*Activity*. Sort through the data and copy the lines holding the word "Orders".

*Material for this task*.

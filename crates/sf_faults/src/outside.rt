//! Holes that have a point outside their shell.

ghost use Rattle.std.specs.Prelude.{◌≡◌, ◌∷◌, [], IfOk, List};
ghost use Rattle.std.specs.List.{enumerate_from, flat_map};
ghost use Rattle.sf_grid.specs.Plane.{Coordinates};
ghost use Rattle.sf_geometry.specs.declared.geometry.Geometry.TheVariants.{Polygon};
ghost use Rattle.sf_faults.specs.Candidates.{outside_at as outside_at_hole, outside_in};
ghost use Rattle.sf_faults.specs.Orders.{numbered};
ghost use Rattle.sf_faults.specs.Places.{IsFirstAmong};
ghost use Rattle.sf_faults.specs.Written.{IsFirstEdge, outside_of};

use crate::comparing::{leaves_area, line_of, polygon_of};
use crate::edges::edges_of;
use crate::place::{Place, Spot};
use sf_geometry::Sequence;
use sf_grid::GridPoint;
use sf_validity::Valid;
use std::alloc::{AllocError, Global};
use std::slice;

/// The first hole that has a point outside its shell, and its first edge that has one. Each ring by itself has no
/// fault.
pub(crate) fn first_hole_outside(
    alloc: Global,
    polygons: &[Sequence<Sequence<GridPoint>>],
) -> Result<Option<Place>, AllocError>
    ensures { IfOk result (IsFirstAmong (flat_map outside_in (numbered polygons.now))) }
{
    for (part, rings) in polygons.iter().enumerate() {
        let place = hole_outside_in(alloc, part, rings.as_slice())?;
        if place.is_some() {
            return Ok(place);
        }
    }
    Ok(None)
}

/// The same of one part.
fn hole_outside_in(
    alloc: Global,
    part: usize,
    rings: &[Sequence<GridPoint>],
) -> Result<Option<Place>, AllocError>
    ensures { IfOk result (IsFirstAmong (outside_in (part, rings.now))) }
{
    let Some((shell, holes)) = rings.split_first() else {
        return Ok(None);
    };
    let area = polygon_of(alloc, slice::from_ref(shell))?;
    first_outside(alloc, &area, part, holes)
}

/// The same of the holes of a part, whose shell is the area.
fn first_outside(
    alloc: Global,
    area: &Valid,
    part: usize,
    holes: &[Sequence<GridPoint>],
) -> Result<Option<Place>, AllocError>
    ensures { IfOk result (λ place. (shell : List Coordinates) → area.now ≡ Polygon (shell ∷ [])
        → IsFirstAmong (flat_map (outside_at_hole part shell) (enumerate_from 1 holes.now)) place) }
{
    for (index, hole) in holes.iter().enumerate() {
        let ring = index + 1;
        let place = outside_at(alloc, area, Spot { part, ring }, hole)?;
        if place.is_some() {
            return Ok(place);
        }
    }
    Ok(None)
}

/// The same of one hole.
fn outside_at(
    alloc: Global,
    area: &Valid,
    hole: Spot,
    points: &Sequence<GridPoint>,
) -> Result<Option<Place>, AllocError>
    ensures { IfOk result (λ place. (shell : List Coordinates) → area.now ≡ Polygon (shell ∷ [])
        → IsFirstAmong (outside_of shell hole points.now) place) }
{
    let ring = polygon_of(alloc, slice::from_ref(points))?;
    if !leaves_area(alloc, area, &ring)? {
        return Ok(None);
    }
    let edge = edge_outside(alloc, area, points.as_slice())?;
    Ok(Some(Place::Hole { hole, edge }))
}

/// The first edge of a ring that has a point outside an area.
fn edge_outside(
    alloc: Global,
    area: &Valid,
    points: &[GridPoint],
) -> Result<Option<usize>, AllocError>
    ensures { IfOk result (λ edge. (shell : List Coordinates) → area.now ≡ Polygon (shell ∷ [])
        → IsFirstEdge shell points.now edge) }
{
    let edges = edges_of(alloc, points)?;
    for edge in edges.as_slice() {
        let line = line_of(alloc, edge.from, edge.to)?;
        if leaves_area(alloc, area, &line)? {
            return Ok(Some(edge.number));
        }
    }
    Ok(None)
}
---
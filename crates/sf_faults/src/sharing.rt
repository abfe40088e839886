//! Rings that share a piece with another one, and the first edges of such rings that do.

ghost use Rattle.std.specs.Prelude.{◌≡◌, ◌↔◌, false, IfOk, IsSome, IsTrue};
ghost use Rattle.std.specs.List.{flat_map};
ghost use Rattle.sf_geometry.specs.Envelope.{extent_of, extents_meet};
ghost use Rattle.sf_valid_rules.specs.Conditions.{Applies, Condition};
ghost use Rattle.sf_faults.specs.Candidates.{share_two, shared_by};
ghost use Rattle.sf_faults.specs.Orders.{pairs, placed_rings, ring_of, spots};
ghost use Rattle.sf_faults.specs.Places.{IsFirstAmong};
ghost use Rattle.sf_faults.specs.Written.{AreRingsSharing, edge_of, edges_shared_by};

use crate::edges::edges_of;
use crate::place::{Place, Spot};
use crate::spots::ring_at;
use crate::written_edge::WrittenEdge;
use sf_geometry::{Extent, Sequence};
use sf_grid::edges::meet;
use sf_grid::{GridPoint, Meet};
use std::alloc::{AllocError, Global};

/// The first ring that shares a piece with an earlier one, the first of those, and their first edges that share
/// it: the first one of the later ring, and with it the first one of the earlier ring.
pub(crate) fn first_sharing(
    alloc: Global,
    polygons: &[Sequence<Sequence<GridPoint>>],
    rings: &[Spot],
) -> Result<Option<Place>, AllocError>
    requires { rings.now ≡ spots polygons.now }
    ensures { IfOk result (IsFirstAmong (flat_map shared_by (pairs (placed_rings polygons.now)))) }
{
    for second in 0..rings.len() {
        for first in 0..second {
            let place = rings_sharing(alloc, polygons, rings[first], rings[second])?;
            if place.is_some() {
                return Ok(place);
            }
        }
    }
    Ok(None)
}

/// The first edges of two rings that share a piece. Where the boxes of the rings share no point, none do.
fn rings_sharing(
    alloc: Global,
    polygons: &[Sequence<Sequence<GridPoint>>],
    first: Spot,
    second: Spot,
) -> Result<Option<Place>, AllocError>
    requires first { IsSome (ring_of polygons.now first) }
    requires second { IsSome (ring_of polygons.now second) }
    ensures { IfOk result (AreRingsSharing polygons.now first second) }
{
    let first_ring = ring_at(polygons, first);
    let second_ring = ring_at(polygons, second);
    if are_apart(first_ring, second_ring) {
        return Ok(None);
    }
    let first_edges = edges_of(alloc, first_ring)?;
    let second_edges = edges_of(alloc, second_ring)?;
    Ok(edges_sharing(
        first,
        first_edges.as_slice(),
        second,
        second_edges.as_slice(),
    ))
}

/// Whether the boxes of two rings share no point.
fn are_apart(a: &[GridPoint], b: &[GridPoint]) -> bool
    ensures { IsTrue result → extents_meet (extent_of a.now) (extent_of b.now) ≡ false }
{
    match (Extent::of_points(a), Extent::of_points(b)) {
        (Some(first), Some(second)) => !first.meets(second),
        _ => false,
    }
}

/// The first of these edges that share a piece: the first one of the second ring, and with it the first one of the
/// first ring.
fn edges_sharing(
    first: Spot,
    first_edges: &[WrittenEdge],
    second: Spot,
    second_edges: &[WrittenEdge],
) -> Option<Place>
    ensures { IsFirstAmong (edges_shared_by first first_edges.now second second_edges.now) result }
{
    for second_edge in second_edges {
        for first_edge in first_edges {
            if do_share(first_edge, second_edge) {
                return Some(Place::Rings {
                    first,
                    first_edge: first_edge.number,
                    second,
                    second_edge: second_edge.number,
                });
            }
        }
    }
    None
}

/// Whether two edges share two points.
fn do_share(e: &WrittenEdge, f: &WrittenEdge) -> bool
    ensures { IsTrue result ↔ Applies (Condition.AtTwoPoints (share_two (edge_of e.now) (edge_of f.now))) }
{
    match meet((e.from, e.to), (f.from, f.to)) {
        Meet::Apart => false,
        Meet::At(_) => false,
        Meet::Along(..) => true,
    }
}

*Exercise response*.
ghost use Rattle.sf_faults.specs.Orders.{numbered};
ghost use Rattle.sf_faults.specs.Orders.{pairs, placed_rings, ring_of, spots};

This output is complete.